● PROBLEM TO WORK ON: Pull out every line below that contains the word "Split".

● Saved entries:
★ ★ ★ ★ ★ ★ ★
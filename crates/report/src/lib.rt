// What the programs read and print: the text of a sheet, and the plan of it or its refusal.
#![tactic(auto)]

ghost use Rattle.std.specs.Prelude.{◌<◌, ◌≤◌, IfOk, length, take};
ghost use Rattle.std.specs.Io.KnownBytes.{Consumes, IsAtEnd};

use model::limits::MOST_PRINTED;
use std::io::{self, Print, Read, Write};

// A text is read as far as this many bytes.
pub const MOST_TEXT: usize = 65536;

// Reads until the buffer is full or the input ends. Gives how many bytes it put to the front of the buffer.
pub fn read_text<R: Read>(reader: &mut R, text: &mut [u8]) -> io::Result<usize>
    ensures within { IfOk result (λ n. n ≤ length text.new) }
    ensures bytes { IfOk result (λ n. Consumes (R.remaining reader.old) (R.remaining reader.new) (take n text.new)) }
    ensures end { IfOk result (λ n. n < length text.new → IsAtEnd (R.remaining reader.new)) }
{
    let mut done = 0;
    // a while: the input says when it ends
    while done < text.len() {
        let count = reader.read(&mut text[done..])?;
        if count == 0 {
            break;
        }
        done += count;
    }
    Ok(done)
}

// Prints the plan of a text, or its refusal, to standard output.
pub fn print<P: Print>(rt: &P, text: &[u8]) -> io::Result<()> {
    let mut page: [u8; MOST_PRINTED] = [0; MOST_PRINTED];
    let length = desk::print_text(text, &mut page);
    io::writer(rt).write_all(&page[..length])
}
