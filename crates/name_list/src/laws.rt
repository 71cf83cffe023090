//! What is known of a list's faults, for callers to cite. Nothing here is done at run time.
ghost use Rattle.name_list.specs.Lists.{FaultsAreOne};
ghost use Rattle.name_list.specs.Fronts.{FrontsDecide, FaultlessAreWhole};

/// Nothing is done. The clause tells a caller that a list has one first fault, or none.
pub fn list_faults_are_one()
    ensures { FaultsAreOne }
{}

/// Nothing is done. The clauses tell a caller that the first 65,540 bytes of a list have its fault,
/// or have none and are all of it.
pub fn fronts_decide()
    ensures fault { FrontsDecide }
    ensures whole { FaultlessAreWhole }
{}
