//! Hints with what they say, worked out by hand.
ghost use Rattle.std.specs.Prelude.{◌<◌, length, Some};
ghost use Rattle.literal_order.specs.Values.{IsWritten};

use crate::equals::{all_equal, equal};
use dyadic::{Dyadic, End};
use facts::Need;
use fx_model::ExprId;
use literal::read;
use literal_order::Written;
use script_hints::hint::{Constraint, Cutting, Hint, HintList, Split};
use script_hints::reader::HintReader;
use script_nodes::reader::NodeReader;
use script_shape::shape::shape_of;
use script_words::words::read_words;
use std::alloc::Global;
use std::process::Abort;
use std::test::Fail;

// What the hints of a text say. The formula `{ x in ? }` isn't read, so that the hints' own nodes
// come first.
fn said(alloc: Global, text: &[u8]) -> Result<HintList, Fail>
    requires { length text.now < 1000 }
{
    let read = read_words(alloc, text)?;
    let words = read.list();
    let shape = shape_of(alloc, words)?;
    let mut reader = HintReader::new(alloc, NodeReader::new(alloc));
    for (number, role) in shape.roles.iter().enumerate().skip(5) {
        if let Some(word) = words.get(number) {
            reader.token(*role, word)?;
        }
    }
    let (_, list) = reader.into_parts();
    Ok(list)
}

fn number(rt: &impl Abort, mantissa: i64, exponent: i32) -> Dyadic {
    Dyadic::new(mantissa, exponent).expect(rt, "a number of the grid")
}

// The number of a literal's text, or its negative.
fn written(rt: &impl Abort, text: &str, negative: bool) -> Written
    ensures { IsWritten (Some result) }
{
    Written {
        literal: read(text).expect(rt, "a literal"),
        negative,
    }
}

const REWRITING: &[u8] = b"{ x in ? } x -> y { y <> 0, x - y < 0.1, x >= -5 }; y -> x; \
    x -> x { x < 5, y > -5b1, y <= +0.1 };";

// The sides of the rewriting, and its constraints.
fn rewrite_is(
    rt: &impl Abort,
    rewrites: &[Hint],
    number: usize,
    sides: (ExprId, ExprId),
    constraints: &[Constraint],
) {
    let Some(rewrite) = rewrites.get(number) else {
        panic!(rt; "no rewriting {number}");
    };
    equal(rt, REWRITING, (rewrite.left, rewrite.right), sides);
    all_equal(rt, REWRITING, rewrite.constraints.as_slice(), constraints);
}

#[test]
fn rewritings_have_their_constraints(rt: HostRuntime) -> Result<(), Fail> {
    let list = said(rt.alloc(), REWRITING)?;
    let (x, y, difference) = (ExprId(0), ExprId(1), ExprId(2));
    let rewrites = list.rewrites.as_slice();
    equal(&rt, REWRITING, rewrites.len(), 3);
    let constraints = [
        Constraint::NotZero(y),
        Constraint::Below(difference, written(&rt, "0.1", false), true),
        Constraint::Above(x, written(&rt, "5", true), false),
    ];
    rewrite_is(&rt, rewrites, 0, (x, y), &constraints);
    rewrite_is(&rt, rewrites, 1, (y, x), &[]);
    let constraints = [
        Constraint::Below(x, written(&rt, "5", false), true),
        Constraint::Above(y, written(&rt, "5b1", true), true),
        Constraint::Below(y, written(&rt, "0.1", false), false),
    ];
    rewrite_is(&rt, rewrites, 2, (x, x), &constraints);
    Ok(())
}

#[test]
fn needs_are_rounded_inward(rt: HostRuntime) {
    let at = |mantissa: i64, exponent: i32| End::At(number(&rt, mantissa, exponent));
    let x = ExprId(0);
    // 2^63 / 10 is 922337203685477580.8
    let tenth = written(&rt, "0.1", false);
    let five = written(&rt, "5", true);
    let need = Constraint::NotZero(x).need();
    equal(&rt, b"not zero", need, Need::NotZero(x));
    let need = Constraint::Below(x, tenth, true).need();
    let wanted = Need::Below(x, at(922337203685477580, -63), false);
    equal(&rt, b"below a tenth", need, wanted);
    let need = Constraint::Above(x, tenth, false).need();
    let wanted = Need::Above(x, at(922337203685477581, -63), false);
    equal(&rt, b"above a tenth", need, wanted);
    let need = Constraint::Below(x, five, true).need();
    equal(&rt, b"below -5", need, Need::Below(x, at(-5, 0), true));
}

const CUTTING: &[u8] = b"{ x in ? } $ x; $ y in 007; x ~ y; $ z in (-1, 0.1, +2);";

// The cut is along this variable, into so many pieces.
fn pieces_are(rt: &impl Abort, cut: &Split, var: ExprId, wanted: u8) {
    equal(rt, CUTTING, cut.var, var);
    match &cut.cut {
        Cutting::Pieces(found) => equal(rt, CUTTING, *found, wanted),
        Cutting::Points(_) => panic!(rt; "no pieces"),
    }
}

// The cut is along this variable, at these points.
fn points_are(rt: &impl Abort, cut: &Split, var: ExprId, wanted: &[Dyadic]) {
    equal(rt, CUTTING, cut.var, var);
    match &cut.cut {
        Cutting::Points(found) => all_equal(rt, CUTTING, found.as_slice(), wanted),
        Cutting::Pieces(_) => panic!(rt; "no points"),
    }
}

fn cuts_are(rt: &impl Abort, cuts: &[Split]) {
    let [first, second, third] = cuts else {
        panic!(rt; "three cuts");
    };
    pieces_are(rt, first, ExprId(0), 4);
    pieces_are(rt, second, ExprId(1), 7);
    let below_tenth = number(rt, 922337203685477580, -63);
    let points = [number(rt, -1, 0), below_tenth, number(rt, 2, 0)];
    points_are(rt, third, ExprId(2), &points);
}

#[test]
fn cuts_have_their_pieces(rt: HostRuntime) -> Result<(), Fail> {
    let list = said(rt.alloc(), CUTTING)?;
    cuts_are(&rt, list.cuts.as_slice());
    let (x, y, z) = (ExprId(0), ExprId(1), ExprId(2));
    all_equal(&rt, CUTTING, list.likes.as_slice(), &[(x, y)]);
    all_equal(&rt, CUTTING, list.order.as_slice(), &[x, y, z]);
    equal(&rt, CUTTING, list.halves.as_slice().len(), 0);
    Ok(())
}

const HALVING: &[u8] = b"{ x in ? } x + y, x $ y; $ z in 2; x $ x, y, z; $ x in 3;";

#[test]
fn variables_are_halved_once(rt: HostRuntime) -> Result<(), Fail> {
    // the nodes are x, y, x + y, z
    let list = said(rt.alloc(), HALVING)?;
    let (x, y, z) = (ExprId(0), ExprId(1), ExprId(3));
    all_equal(&rt, HALVING, list.halves.as_slice(), &[y, x, z]);
    all_equal(&rt, HALVING, list.order.as_slice(), &[y, z, x]);
    equal(&rt, HALVING, list.cuts.as_slice().len(), 2);
    Ok(())
}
★ ★ ★ ★ ★ ★ ★
● WRITTEN ANSWER:
use script_hints::hint::{Constraint, Cutting, Hint, HintList, Split};
fn pieces_are(rt: &impl Abort, cut: &Split, var: ExprId, wanted: u8) {
fn points_are(rt: &impl Abort, cut: &Split, var: ExprId, wanted: &[Dyadic]) {
fn cuts_are(rt: &impl Abort, cuts: &[Split]) {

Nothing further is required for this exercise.